Talking about money can be taboo even with significant others. We all have different money hangups, approaches, and scripts about our relationship with our finances.
Among couples, one person typically takes responsibility for the daily finances. This allows us to check the box on finances but often leaves one partner unintentionally in the dark. I manage our day-to-day finances. Without setting a time to discuss our financial progress, my wife does not know how our finances are progressing. This was great last March 2020 when she was not worried about the markets selling off. Not as great when she asks me for the 10th time where our high yield savings account is held.
Consider setting up a time this Spring to discuss your finances with your significant other. A little conversation can go a long way. Consider these points:
- 20% of Americans don’t tell anyone how much their salary is, including their spouse or partner, according to a survey from financial firm Aspiration.
- 40% of women and 48% of men do NOT share their salaries with their significant other.

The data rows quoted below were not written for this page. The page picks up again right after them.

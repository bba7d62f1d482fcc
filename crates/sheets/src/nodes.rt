// The questions about one node.
ghost use Rattle.std.specs.Prelude.{◌≡◌, ◌+◌, map, length};
ghost use Rattle.refusals.specs.Refusals.{answer};
ghost use Rattle.shapes.specs.Shapes.{shapes_of};
ghost use Rattle.sheets.specs.Rules.{info_of, info_in, node_answer, variable_answer};

use super::form::{Form, tidy};
use super::judgement::Judgement;
use super::node::Node;
use super::passed::Known;
use super::rules;
use indices::index::Index;
use refusals::refusal::Refusal;

impl Known<'_> {
    // The four questions about the node that comes after the judged ones.
    pub(crate) fn judge(&self, node: Node) -> Result<Judgement, Refusal>
        ensures { answer info_of result ≡ node_answer (shapes_of self.now.table.now) (length self.now.nodes.now + 1) (map info_in self.now.nodes.now) node }
    {
        let k = self.nodes.len() + 1;
        let form = Form::try_from(node.kind).map_err(|_| Refusal::BadNode(k))?;
        if !tidy(form, node) {
            return Err(Refusal::BadNode(k));
        }
        let (m, n) = (usize::from(node.m), usize::from(node.n));
        // a match, as wherever forms and operations are told apart: they stand in the sheet, as data
        match form {
            Form::Variable => self.variable(node.a),
            Form::Outer => rules::outer(self.operand(node.a)?, self.operand(node.b)?, k),
            Form::Pointwise(operation) => rules::pointwise(
                operation,
                self.operand(node.a)?,
                self.operand(node.b)?,
                k,
            ),
            Form::Transposition => rules::turned(self.operand(node.a)?, m, n, k),
            Form::Contraction => rules::contracted(self.operand(node.a)?, m, n, k),
        }
    }

    // The judgement on the next node, a variable, if it is declared.
    fn variable(&self, a: u16) -> Result<Judgement, Refusal>
        ensures { answer info_of result ≡ variable_answer (shapes_of self.now.table.now) (length self.now.nodes.now + 1) a }
    {
        let k = self.nodes.len() + 1;
        let shape = self
            .table
            .shape(usize::from(a))
            .map_err(|_| Refusal::BadOperand(k))?;
        rules::bounded(Index::from(shape), 1, 0, k)
    }
}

Below are four steps to take to start the conversion. Word of caution: this is a softer conversation. Share your feelings and see how your partner reacts. Not feeling judged can go a long way towards building an agreement on your go-forward strategy.
- Talk about where you want to head.
- What are your financial goals and values? Discuss near-term spending projects, longer-term spending needs, and how you’re using your money to finance them. Are any of them inconsistent with how you or your significant other want to spend your money?
- Consider creating exceptions or thresholds. Many couples find it helpful to have a dollar amount threshold that should be discussed before spending (e.g. over $500). Other couples see fights decrease when they have a certain amount each month that they can spend without judgment. (Yes, my office was incomplete without the MobiPoint Massage Ball.)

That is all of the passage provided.